Valentine’s Day—Again!
I think there must be something inherently wrong about being a love and relationship expert and not writing a blog on Valentine’s Day! So before I get an angry email, here goes!
On Valentine’s Day 1987—two weeks before our wedding—I gave Charley a beautiful bouquet along with several large balloons, each with words of love emblazoned on it.
Charley and me on a cruise ship about 12 years ago. Not one of those 10-story hotels on the water, but a lovely and sleek ship reminiscent of bygone days.
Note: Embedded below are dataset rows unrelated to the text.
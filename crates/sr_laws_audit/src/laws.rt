//! Laws of audits: beside runs of a table of duplicate records, of each number of a source and its line, and of the captures of a flawless
//! network.

ghost use Rattle.sr_laws_audit.specs.Cases.{ThreeFramesMeetThePremises, RingFramesMeetThePremises, TellsWhatIsLost};
ghost use Rattle.sr_laws_audit.specs.Exactly.{FiguresAreByArrivals, TestsAreByArrivals};
ghost use Rattle.sr_laws_audit.specs.ListCases.{ListsAsWorkedOut};
ghost use Rattle.sr_laws_audit.specs.Lists.{ListsEachOnce, ListsAsFiguresSay};
ghost use Rattle.sr_laws_audit.specs.Outcomes.{EachNumberIsTold, EachBreakIsTold};
ghost use Rattle.sr_laws_audit.specs.Records.{RecordsHaveNoRepeat, RecordsHaveNoLoss, RecordsLackNoNumber, RingRecordsLackNoNumber};
ghost use Rattle.sr_laws_audit.specs.Sources.{AuditsCountEachNumber, WholeAuditsTellNoFault};
ghost use Rattle.sr_laws_audit.specs.Steady.{SteadyAuditsCountWhatGoesUp};

/// In every steady run from the empty table, of a source that makes no jump, the pairs, the frames that one side lost and those at the
/// edges are as many as the frames of the source that go up to the host; and those that came by both sides, or by one alone, are as many
/// as those that were noted on the lanes of both, or of that one alone. Each frame that went up came by a side exactly where it was noted
/// on the lane of that side.
///
/// The table takes the arrivals that the audit counts, by a clock of whole milliseconds, and notes each for the host and at its side. A
/// source is silent for 400 ms by both clocks, or by neither. Where it goes on behind a silence, with a number 1 to 1023 ahead, the run
/// numbers it on too.
pub fn steady_audits_count_what_goes_up()
    ensures { SteadyAuditsCountWhatGoesUp }
{}

/// Of whatever arrivals of a source, each number of a stretch, from the least to the greatest, has one outcome: its frame came by both
/// sides, by one alone while the capture of the other side ran, by one alone while that did not, or by none. Each figure is how many
/// numbers have its outcome, so that a number between the first and the last of a stretch, of which neither side has a copy, is counted.
pub fn each_number_is_told()
    ensures { EachNumberIsTold }
{}

/// Of whatever arrivals of a source, no figure counts what lies between two stretches; but the stretches behind the first one are as many
/// as the jumps and the restarts that are told.
pub fn each_break_is_told()
    ensures { EachBreakIsTold }
{}

/// Of whatever copies a listing took, all that it listed of a source, with what it lists at the end of that, if no other was ended before,
/// are the lines of the source's numbers, each once: a frame that came by both sides as a pair, one that came by one side alone as lost, if it came while the capture of
/// the other side ran, and a number of no frame as that. Times and packets are those of first copies. Nothing is listed of a source that is
/// not one of the 512 from the first one on.
pub fn each_number_is_listed_once()
    ensures { ListsEachOnce }
{}

/// So of a source that is listed there are as many pairs, frames that one side lost and numbers of no frame among the lines as its figures
/// say.
pub fn lists_are_as_long_as_figures_say()
    ensures { ListsAsFiguresSay }
{}

/// Of the copies of a source's frames that two recorders have, with a true numbering, no copy is told as a repeat, no pair as 400 ms
/// apart, and no jump or restart.
///
/// The frames are sent in the order of their numbers, and pass a recorder less than 400 ms behind that. Each copy came once, in order of
/// time, and its number lies less than 1024 from the greatest one that came before.
pub fn records_have_no_repeat()
    ensures { RecordsHaveNoRepeat }
{}

/// If moreover each recorder has each frame that passes it while it runs, and each frame goes past both, no frame is told as lost by a
/// side, where the parts of the captures that are judged lie so far from what is not recorded as the frames pass behind their sending.
pub fn records_have_no_loss()
    ensures { RecordsHaveNoLoss }
{}

/// If moreover the source numbers its frames one apart, they pass each recorder in that order, and both run together for so long, no
/// number is told as one of no frame.
pub fn records_lack_no_number()
    ensures { RecordsLackNoNumber }
{}

/// So it is where each frame goes past one recorder at least, as in a ring one to a single address does: if both run from one time to
/// another, near which no frame passes them.
pub fn ring_records_lack_no_number()
    ensures { RingRecordsLackNoNumber }
{}

/// The figures of each source that an audit has count each number of its stretches by its outcome, of up to 2^53 arrivals of the source.
pub fn audits_count_each_number()
    ensures { AuditsCountEachNumber }
{}

/// Where each source has a true numbering, each of its frames goes past both recorders, and each recorder has all that passes it while it
/// runs, no figure of any source tells of a fault, where the captures are judged but for their edges.
pub fn whole_audits_tell_no_fault()
    ensures { WholeAuditsTellNoFault }
{}

/// Three frames that pass two recorders, of which one begins behind the first frame, meet all that the laws of records ask for.
pub fn three_frames_meet_the_premises()
    ensures { ThreeFramesMeetThePremises }
{}

/// Three frames of a ring, two of which pass one recorder alone, meet what the law of rings asks for.
pub fn ring_frames_meet_the_premises()
    ensures { RingFramesMeetThePremises }
{}

/// Of the copies of the first three without one of them, a frame is told as lost by a side; without both of a frame, a number as one of no frame; and
/// with one that came twice, a repeat.
pub fn what_is_lost_is_told()
    ensures { TellsWhatIsLost }
{}

/// The lines of a list of copies worked out: a pair, a frame that one side lost, a number of no frame, and none of a frame at the edge of a
/// capture. A repeat changes no line, a late copy makes a pair of a lost frame, and a source that is not listed has no line.
pub fn worked_lines_are_told()
    ensures { ListsAsWorkedOut }
{}

/// The figures of a source, of an audit that has each, are a function of its arrivals and of when the captures run.
pub fn figures_are_by_arrivals()
    ensures { FiguresAreByArrivals }
{}

/// Some source of such an audit passes a test of figures exactly where the source of some arrival does, by its arrivals alone.
pub fn tests_are_by_arrivals()
    ensures { TestsAreByArrivals }
{}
Since I was working that day, I had the flower arrangement delivered to his office—very brazen of me, I think, because it put him in the possibly uncomfortable spot of having to explain what the hell was going on! However, with great pride, he told everyone that the flowers were from me, and that if they didn’t already know, he and I were getting married as soon as we could pry ourselves loose from our respective jobs! So today is very special to us both. And yes, I did get him a bouquet and balloons to mark the occasion as I have done pretty much every Valentine’s Day since then.
All of which brings me to the point: A truly great love relationship is always fresh and new and something about which to be proud, happy, joyful and grateful. As I write more blogs and coach others, I’m finding that a lot of folks have a lack of reality as to just how great a relationship can be.
I hear people talk about how you have to “work” at it, and how each person must “compromise” for it to hang together over time. I don’t know about you, but when I think of the word “compromise,” I think of suffering and sacrifice–two people having to give up something in order to satisfy their partner’s wishes. And for lots of folks, the word “work” conjures up images of large amounts of effort just to get up in the morning as part of going to “work!” Not very inviting to me!
The happy couples that I’ve interviewed have all told me that there is very little effort in their relationships. They don’t struggle to “work” at it. They make very few compromises, instead working out mutually-beneficial solutions when problems arise. They tell me that there is a noticeable playfulness in their relationships, a strong and effortless desire to help their partners be happy and actively contributing to that happiness–again, without much if any eeefffooorrrttttttt.
Very soon I will be set up to do video interviews of extremely happy couples to show the world how great life–any life–can be with the right person by your side. We certainly see enough of how bad relationships work. It’s not that I’ve cornered the market on great relationships. But I would like to do my part toward creating a different and better reality.